Kussen begon 4500 jaar geleden in het Midden-Oosten – duizend jaar eerder dan eerder werd gedacht, suggereert nieuw onderzoek van de Universiteit van Oxford en de Universiteit van Kopenhagen.
De vroegste geregistreerde kus van de mensheid vond plaats in Mesopotamië – de historische regio die bestaat uit het hedendaagse Irak plus delen van Iran, Koeweit, Syrië en Turkije, aldus de studie.
Uit eerder onderzoek was gebleken dat het vroegste bewijs van menselijk lipkussen 3500 jaar geleden verscheen op een zeer specifieke geografische locatie in Zuid-Azië, vanwaar het zich mogelijk naar andere regio’s heeft verspreid en tegelijkertijd de verspreiding van het herpes simplex-virus heeft versneld.
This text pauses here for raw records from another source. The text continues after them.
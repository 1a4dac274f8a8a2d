// Laws of the windows of a scene.
ghost use Rattle.tint_laws.specs.WindowLaws.{BadWindowsLieBetween, KindsOfBadWindowsNest};

/// In a valid scene, a window that is surely bad by the tints of a kind is bad, and one that is bad
/// is possibly bad by them. A tint that leaves out what is behind a box that may be hidden would
/// be refused, and so would a possible change that asks for all colours of its tints.
pub fn bad_windows_lie_between()
    ensures { BadWindowsLieBetween }
{}

/// What is surely bad by the wide kind is so by the own kind, and what is possibly bad by the own
/// kind is so by the wide kind. A wide kind whose values of a curve are fewer than those of the own
/// interval would be refused.
pub fn kinds_of_bad_windows_nest()
    ensures { KindsOfBadWindowsNest }
{}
LEES MEER: Reizigers VERLATEN het pand nadat de evacuatie-inspanningen waren geëscaleerd
Volgens de nieuwe studie van onderzoekers van de Universiteit van Oxford en de Universiteit van Kopenhagen (Denemarken) tonen schriftelijke bronnen echter aan dat kussen al minstens 1000 jaar eerder werd beoefend door de volkeren van het oude Nabije Oosten.
Troels Pank Arboll en Dr. Sophie Lund Rasmussen, op basis van verschillende geschreven bronnen uit de vroegste Mesopotamische samenlevingen, ontdekte dat kussen al 4500 jaar geleden een wijdverspreide praktijk was in het Midden-Oosten.
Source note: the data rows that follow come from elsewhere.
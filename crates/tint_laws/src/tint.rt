// Laws of tints.
ghost use Rattle.tint_laws.specs.AlikeLaws.{AlikePixelsHaveOneTint};
ghost use Rattle.tint_laws.specs.TintLaws.{TintsHoldColours, TintsHoldTints};

/// The exact colour of a pixel lies in its tint, where the exact states of the layers lie in the
/// loose ones. A blend over the lower ends of source, alpha and backdrop alone, a box that surely
/// covers up to its greatest right edge, or one that is painted where it may be hidden, would be
/// refused.
pub fn tints_hold_colours()
    ensures { TintsHoldColours }
{}

/// The tint by some loose states lies in that by looser ones. A tint that isn't monotone in what is
/// known, as one that leaves out a box of which it isn't known whether it is shown, would be
/// refused.
pub fn tints_hold_tints()
    ensures { TintsHoldTints }
{}

/// Two pixels that each box covers alike have one tint, by the same states. A tint that depends on
/// where the pixel lies in a box, as with a gradient, would be refused.
pub fn alike_pixels_have_one_tint()
    ensures { AlikePixelsHaveOneTint }
{}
Ze zeggen dat hun bevindingen, gepubliceerd in het tijdschrift Science, het vroegste bewijs voor kussen met 1000 jaar terugdringen in vergelijking met wat eerder werd aanvaard in de wetenschappelijke gemeenschap.
dr Arbøll zei: “In het oude Mesopotamië, de naam voor de vroege menselijke culturen die bestonden tussen de rivieren de Eufraat en de Tigris in wat nu Irak en Syrië is, schreven mensen in spijkerschrift op kleitabletten.
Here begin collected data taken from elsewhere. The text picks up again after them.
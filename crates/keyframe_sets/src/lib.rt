//! Between which two keyframes a property is: CSS Animations Level 1, "Keyframes".
//!
//! What shows a frame asks this crate, with an animation's directed progress, from which value to which the
//! property is on its way there, by which easing and how far. [`names`] says whether a set names the property at
//! all, [`number_of`] tells two properties apart, and [`interval`] gives the interval. Its key clause is that the
//! interval is the definition's, which adds the element's own value at 0% and 100% where the set has none; here no list
//! of stops is built, and one walk over the keyframes finds the last stop that is reached and the first that isn't. The
//! distance is a fraction from 0 to 1 whose denominator is at most 10,000 times the progress's.
//!
//! How the distance is eased, and what value then stands, is not said here.
#![tactic(auto)]

mod around;
mod declaration;
mod intervals;
mod share;
mod stops;
pub mod types;

pub use declaration::declared;
pub use intervals::interval;
pub use stops::{names, number_of};
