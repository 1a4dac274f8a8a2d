// Laws of the states of a layer.
ghost use Rattle.tint_laws.specs.StateNestLaws.{KindsOfStatesNest, LooseStatesHoldExact};

/// In a valid scene, a layer's exact state lies in its loose state by each kind: each value between
/// its two ends, and a box that is surely shown, or surely not, is as it says. A lower end that is
/// rounded up would be refused.
pub fn loose_states_hold_exact()
    ensures { LooseStatesHoldExact }
{}

/// A layer's loose state by the own kind lies in that by the wide kind, both of its ends, in their
/// order. A wide kind whose values of a curve are fewer than those of the own interval would be
/// refused.
pub fn kinds_of_states_nest()
    ensures { KindsOfStatesNest }
{}
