//! Laws of tints: they hold colours and one another, as loose states hold exact ones, and so what is sure,
//! what is so and what is possible nest.
//!
//! What a user must believe is the definitions of `page_model`; everything else is proved against them. Nobody runs a definition, so
//! a slip in one would show nowhere. Each public function here has no parameters and an empty body, and its one clause is a law,
//! stated in `specs/`. It stands on the lemmas of `curve_laws`, on slots, and of `flash_laws`, on changes and flags; its own stand in
//! `proofs/`, over variables, for whoever proves more. The key law is `bad_windows_lie_between`: in a valid scene what is surely bad
//! is bad, and what is bad is possibly bad.
//!
//! It does not say that there are states and tints to speak of, nor that the definitions are those of the public standards: that is
//! for the reader of both.
#![tactic(auto)]

mod margin;
mod nest;
mod state;
mod tint;
mod window;

pub use margin::distances_are_close;
pub use nest::{bad_windows_nest, flashes_nest};
pub use state::{kinds_of_states_nest, loose_states_hold_exact};
pub use tint::{alike_pixels_have_one_tint, tints_hold_colours, tints_hold_tints};
pub use window::{bad_windows_lie_between, kinds_of_bad_windows_nest};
“Vele duizenden van deze kleitabletten zijn tot op de dag van vandaag bewaard gebleven en ze bevatten duidelijke voorbeelden dat kussen in de oudheid werd beschouwd als onderdeel van romantische intimiteit, net zoals kussen onderdeel kon zijn van vriendschappen en relaties tussen familieleden.”
“Daarom moet kussen niet worden gezien als een gewoonte die uitsluitend in een enkele regio is ontstaan en verspreid, maar eerder lijkt te zijn beoefend in meerdere oude culturen gedurende meerdere millennia.”
dr Rasmussen zei: “Inderdaad, onderzoek naar bonobo’s en chimpansees, de naaste verwanten van de mens, heeft aangetoond dat beide soorten kussen, wat erop kan wijzen dat kussen een fundamenteel menselijk gedrag is en verklaart waarom dit zo kan zijn.” culturen.”
Het onderzoeksteam zei dat naast het belang ervan in sociaal en seksueel gedrag, de praktijk van kussen mogelijk een onbedoelde rol heeft gespeeld bij de overdracht van micro-organismen en mogelijk heeft geleid tot de verspreiding van virussen onder mensen.
Meer twijfelachtig is echter de veronderstelling dat de kus zou kunnen worden gezien als een plotselinge biologische trigger voor de verspreiding van bepaalde ziekteverwekkers.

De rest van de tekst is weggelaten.